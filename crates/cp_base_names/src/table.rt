//! A table of names.

ghost use Rattle.std.specs.Prelude.{◌≡◌, ◌<◌, ◌++◌, ◌∷◌, [], List, None, IfOk, OnOk, is_some, not, length, map, option_map, slice_get, take};
ghost use Rattle.cp_model.specs.Names.{lookup};
ghost use Rattle.cp_model.specs.RulesEnvironment.{Text};
ghost use Rattle.cp_base_names.specs.Tables.{AreDistinct, entry_view, named, with_new, with_values_from};

use crate::key::Key;
use crate::name::Name;
use indexmap::IndexMap;
use std::alloc::{AllocError, Global};
use std::marker::Model;

// With at most this many names, comparing a name with each of them is faster than hashing it.
const MAX_COMPARED_NAMES: usize = 8;

/// Names and what they represent. Contracts see the list of them, in the order in which they were
/// added. No name occurs twice.
pub struct NameTable<'t, A: Copy> {
    entries: IndexMap<Name<'t>, A, Key>,
}

// A derived `Drop` would make proofs slower (docs/CI.md).
impl<A: Copy> Drop for NameTable<'_, A> {
    fn drop(self) {
        let NameTable { entries: _ } = self;
    }
}

impl<'t, A: Copy> Model for NameTable<'t, A> {
    ghost Value = { List (Text × A) };

    ghost view = { λ t. map named t.entries.entries };
}

impl<'t, A: Copy> NameTable<'t, A> {
    /// A table without names.
    pub fn new(alloc: Global, key: Key) -> NameTable<'t, A>
        ensures { result ≡ [] }
    {
        NameTable {
            entries: IndexMap::with_hasher(alloc, key),
        }
    }

    /// The number of names.
    pub fn len(&self) -> usize
        ensures count { result ≡ length self.now }
        ensures distinct { AreDistinct self.now }
    {
        self.entries.len()
    }

    /// Makes room for `count` more names, so that the table isn't moved while they are added. Fails
    /// only if memory runs out.
    pub fn reserve(&mut self, count: usize) -> Result<(), AllocError>
        ensures { self.new ≡ self.old }
    {
        self.entries.reserve(count)
    }

    /// What a name represents, if it is in the table.
    pub fn find(&self, name: &[u8]) -> Option<A>
        ensures { result ≡ lookup name.now self.now }
    {
        if self.entries.len() <= MAX_COMPARED_NAMES {
            self.first_with(name)
        } else {
            self.entries.get(Name { letters: name }).copied()
        }
    }

    // What a name represents, by comparing it with each name from the first on.
    fn first_with(&self, name: &[u8]) -> Option<A>
        ensures { result ≡ lookup name.now self.now }
    {
        for (found, value) in self.entries.iter() {
            if name == found.letters {
                return Some(*value);
            }
        }
        None
    }

    /// The name with a number, and what it represents.
    pub fn get(&self, number: usize) -> Option<(&'t [u8], A)>
        ensures { option_map entry_view result ≡ slice_get self.now number }
    {
        let (name, value) = self.entries.get_index(number)?;
        Some((name.letters, *value))
    }

    /// Adds a name that isn't in the table. Fails only if memory runs out.
    pub fn add(&mut self, name: &'t [u8], value: A) -> Result<(), AllocError>
        requires { lookup name.now self.old ≡ None }
        ensures { OnOk result (self.new ≡ self.old ++ (name.now, value) ∷ []) }
    {
        self.add_if_new(name, value)?;
        Ok(())
    }

    /// Adds a name, unless it is in the table already, and returns whether it is new. Fails only if
    /// memory runs out.
    pub fn add_if_new(&mut self, name: &'t [u8], value: A) -> Result<bool, AllocError>
        ensures new { IfOk result (λ new. new ≡ not (is_some (lookup name.now self.old))) }
        ensures added { OnOk result
            (self.new ≡ with_new name.now value self.old (lookup name.now self.old)) }
    {
        let (number, first) = self.entries.insert_full(Name { letters: name }, value)?;
        match first {
            None => Ok(true),
            Some(first) => {
                // The name represents what it did before.
                self.entries[number] = first;
                Ok(false)
            }
        }
    }

    /// Makes the names from number `from` on represent `value`.
    pub fn set_from(&mut self, from: usize, value: A)
        ensures { self.new ≡ with_values_from from value self.old }
    {
        for number in from..self.len() {
            self.entries[number] = value;
        }
    }

    /// Makes a name represent `value`, whether or not it is in the table. Fails only if memory runs
    /// out.
    pub fn set(&mut self, name: &'t [u8], value: A) -> Result<(), AllocError>
        ensures { OnOk result
            ((x : Text) → lookup x self.new ≡ lookup x ((name.now, value) ∷ self.old)) }
    {
        self.entries.insert(Name { letters: name }, value)?;
        Ok(())
    }

    /// Removes the names from number `len` on.
    pub fn truncate(&mut self, len: usize)
        ensures { self.new ≡ take len self.old }
    {
        self.entries.truncate(len);
    }
}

**Problem details:**
Gather every line from the listing above in which "number" appears, and copy those lines.

**Exercise response:**
    /// The number of names.
    /// The name with a number, and what it represents.
    pub fn get(&self, number: usize) -> Option<(&'t [u8], A)>
        ensures { option_map entry_view result ≡ slice_get self.now number }
        let (name, value) = self.entries.get_index(number)?;
        let (number, first) = self.entries.insert_full(Name { letters: name }, value)?;
                self.entries[number] = first;
    /// Makes the names from number `from` on represent `value`.
        for number in from..self.len() {
            self.entries[number] = value;
    /// Removes the names from number `len` on.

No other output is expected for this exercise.